Saved entries:
● ● ● ● ● ● ●

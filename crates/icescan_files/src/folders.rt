//! The folders of a system: where files are read below them, and where commits put new ones.

ghost use Rattle.std.specs.Prelude.{◌≡◌, ℕ, List, Option, None, Some, IfOk, OnOk, IsErrOf};
ghost use Rattle.ice_desk.specs.Worlds.{HasAt};
ghost use Rattle.ice_state.specs.Contents.{World};
ghost use Rattle.icescan_files.specs.Bundles.{File};

use crate::folder::{CommitFolder, Folder, Links, is_outside};
use crate::listing::names_in_folder;
use crate::store::{Store, StoreFault};
use contract_words::Text;
use ice_catalog_changes::Ids;
use ice_desk::{Files, ReadFault};
use std::alloc::{AllocError, Global};

/// Folders whose files can be read. Which file a path is below a folder is said by a prefix: the front of the paths
/// that the folder stands for.
pub trait Folders {
    /// The bytes at each path of the files below a folder with a prefix, where they are reported. They stay the same
    /// from one read to the next.
    ghost below: { Self → List ℕ → List ℕ → Option World };

    /// What a read of the file at a path below a folder with a prefix may give: its bytes, or that there is none. Where
    /// files change from one read to the next, it may give more than one.
    ghost gives: { Self → List ℕ → List ℕ → List ℕ → Option (List ℕ) → Type 0 };

    /// A read of the file at a path below a folder with a prefix may fail.
    ghost may_fail: { Self → List ℕ → List ℕ → List ℕ → Type 0 };

    /// Puts the bytes of the file at a path below a folder in place of those that `bytes` has. A refusal leaves any
    /// bytes.
    fn read_below(
        &self,
        alloc: Global,
        folder: &str,
        prefix: &str,
        path: &str,
        bytes: &mut Vec<u8>,
    ) -> Result<(), ReadFault>
        ensures found { OnOk result (HasAt (below self.now folder.now prefix.now) path.now (Some bytes.new.items)) }
        ensures absent { IsErrOf result ReadFault.Absent → HasAt (below self.now folder.now prefix.now) path.now None }
        ensures device { IsErrOf result ReadFault.Device → may_fail self.now folder.now prefix.now path.now }
        ensures given { OnOk result (gives self.now folder.now prefix.now path.now (Some bytes.new.items)) }
        ensures none_given { IsErrOf result ReadFault.Absent → gives self.now folder.now prefix.now path.now None };

    /// What listing a folder may give: the names of what is in it, or that there is no such folder.
    ghost lists: { Self → List ℕ → Option (List (List ℕ)) → Type 0 };

    /// The names of what is in a folder, but for those that are not UTF-8.
    fn names_in(&self, alloc: Global, folder: &str) -> Result<Vec<Text>, ReadFault>
        ensures listed { IfOk result (λ names. lists self.now folder.now (Some names.items)) }
        ensures not_listed { IsErrOf result ReadFault.Absent → lists self.now folder.now None };
}

/// The files below one folder.
#[derive(Drop)]
pub struct Below<'a, D> {
    folders: &'a D,
    folder: &'a str,
    prefix: &'a str,
}

impl<'a, D: Folders> Below<'a, D> {
    /// The files below a folder, of the paths that begin with a prefix.
    pub fn new(folders: &'a D, folder: &'a str, prefix: &'a str) -> Self
        ensures { (result.folders.now ≡ folders.now) × (result.folder.now ≡ folder.now) ×
            (result.prefix.now ≡ prefix.now) }
    {
        Below {
            folders,
            folder,
            prefix,
        }
    }
}

impl<D: Folders> Files for Below<'_, D> {
    ghost world = { λ files. D.below files.folders.now files.folder.now files.prefix.now };

    ghost gives = { λ files. D.gives files.folders.now files.folder.now files.prefix.now };

    ghost may_fail = { λ files. D.may_fail files.folders.now files.folder.now files.prefix.now };

    fn read(&self, alloc: Global, path: &str) -> Result<Vec<u8>, ReadFault> {
        let mut bytes = Vec::new(alloc);
        self.read_into(alloc, path, &mut bytes)?;
        Ok(bytes)
    }

    fn read_into(&self, alloc: Global, path: &str, bytes: &mut Vec<u8>) -> Result<(), ReadFault> {
        self.folders
            .read_below(alloc, self.folder, self.prefix, path, bytes)
    }
}

/// The folders of a host. What lies below them may change from one read to the next, so their bytes are not reported.
#[derive(Drop)]
pub struct HostFolders<'a, H> {
    host: &'a H,
    links: Links,
}

impl<'a, H: std::rt::Files> HostFolders<'a, H> {
    /// The folders of this host. Links below them are followed.
    pub fn new(host: &'a H) -> Self {
        HostFolders::by_links(host, Links::Followed)
    }

    /// The folders of this host, with links below them followed or refused.
    pub fn by_links(host: &'a H, links: Links) -> Self {
        HostFolders { host, links }
    }
}

impl<H: std::rt::Files> Folders for HostFolders<'_, H> {
    ghost below = { λ _ _ _. None };

    ghost gives = { λ _ _ _ _ _. Unit {0} };

    ghost may_fail = { λ _ _ _ _. Unit {0} };

    fn read_below(
        &self,
        alloc: Global,
        folder: &str,
        prefix: &str,
        path: &str,
        bytes: &mut Vec<u8>,
    ) -> Result<(), ReadFault> {
        let files = Folder::by_links(self.host, folder, prefix, self.links);
        files.read_into(alloc, path, bytes)
    }

    ghost lists = { λ _ _ _. Unit {0} };

    fn names_in(&self, alloc: Global, folder: &str) -> Result<Vec<Text>, ReadFault> {
        names_in_folder(self.host, alloc, folder)
    }
}

/// Where commits put their files: below the folder that was entered last.
pub trait Stores: Store {
    /// The files below a folder with a prefix, the newest last, where they are reported.
    ghost below: { Self → List ℕ → List ℕ → Option (List File) };

    /// Putting a file below a folder with a prefix may fail.
    ghost below_may_fail: { Self → List ℕ → List ℕ → Type 0 };

    /// Enters a folder: new files whose paths begin with the prefix are put below it, for the commit that takes these
    /// names. Where memory runs out, each put is refused for it until a folder is entered again.
    fn enter(&mut self, alloc: Global, folder: &str, prefix: &str, ids: &Ids)
        ensures entered { Self.files self.new ≡ below self.old folder.now prefix.now }
        ensures cause { Self.may_fail self.new → below_may_fail self.old folder.now prefix.now };
}

/// A folder that was entered, and the names of the commit that entered it.
#[derive(Drop)]
struct Entered {
    folder: Text,
    prefix: Text,
    ids: Ids,
}

impl Entered {
    /// A folder and the names of a commit.
    fn new(alloc: Global, folder: &str, prefix: &str, ids: &Ids) -> Result<Self, AllocError> {
        Ok(Entered {
            folder: Text::from_string(String::from_str(alloc, folder)?),
            prefix: Text::from_string(String::from_str(alloc, prefix)?),
            ids: *ids,
        })
    }
}

/// The folders of a host, for new files. Their files are not reported.
#[derive(Drop)]
pub struct HostStores<'a, H> {
    host: &'a H,
    links: Links,
    entered: Option<Entered>,
}

impl<'a, H: std::rt::Files> HostStores<'a, H> {
    /// The folders of this host; none is entered. Links below them are followed.
    pub fn new(host: &'a H) -> Self {
        HostStores::by_links(host, Links::Followed)
    }

    /// The folders of this host, with links below them followed or refused; none is entered.
    pub fn by_links(host: &'a H, links: Links) -> Self {
        HostStores {
            host,
            links,
            entered: None,
        }
    }
}

impl<H: std::rt::Files> Store for HostStores<'_, H> {
    ghost files = { λ _. None };

    ghost may_fail = { λ _. Unit {0} };

    fn has_no_place(&self, path: &str) -> bool {
        match &self.entered {
            Some(entered) => is_outside(entered.prefix.as_str(), path),
            None => false,
        }
    }

    fn create_new(&mut self, alloc: Global, path: &str, bytes: &[u8]) -> Result<(), StoreFault> {
        match &self.entered {
            Some(entered) => {
                let folder = Folder::by_links(
                    self.host,
                    entered.folder.as_str(),
                    entered.prefix.as_str(),
                    self.links,
                );
                CommitFolder::new(folder, &entered.ids).create_new(alloc, path, bytes)
            }
            None => Err(StoreFault::Memory),
        }
    }
}

impl<H: std::rt::Files> Stores for HostStores<'_, H> {
    ghost below = { λ _ _ _. None };

    ghost below_may_fail = { λ _ _ _. Unit {0} };

    fn enter(&mut self, alloc: Global, folder: &str, prefix: &str, ids: &Ids) {
        self.entered = Entered::new(alloc, folder, prefix, ids).ok();
    }
}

● ● ● ● ● ● ●

■ WHAT THIS TASK INVOLVES: Search the entries above for lines containing the word "Rattle", and copy each one.

■ THE COMPLETED TASK:
ghost use Rattle.std.specs.Prelude.{◌≡◌, ℕ, List, Option, None, Some, IfOk, OnOk, IsErrOf};
ghost use Rattle.ice_desk.specs.Worlds.{HasAt};
ghost use Rattle.ice_state.specs.Contents.{World};
ghost use Rattle.icescan_files.specs.Bundles.{File};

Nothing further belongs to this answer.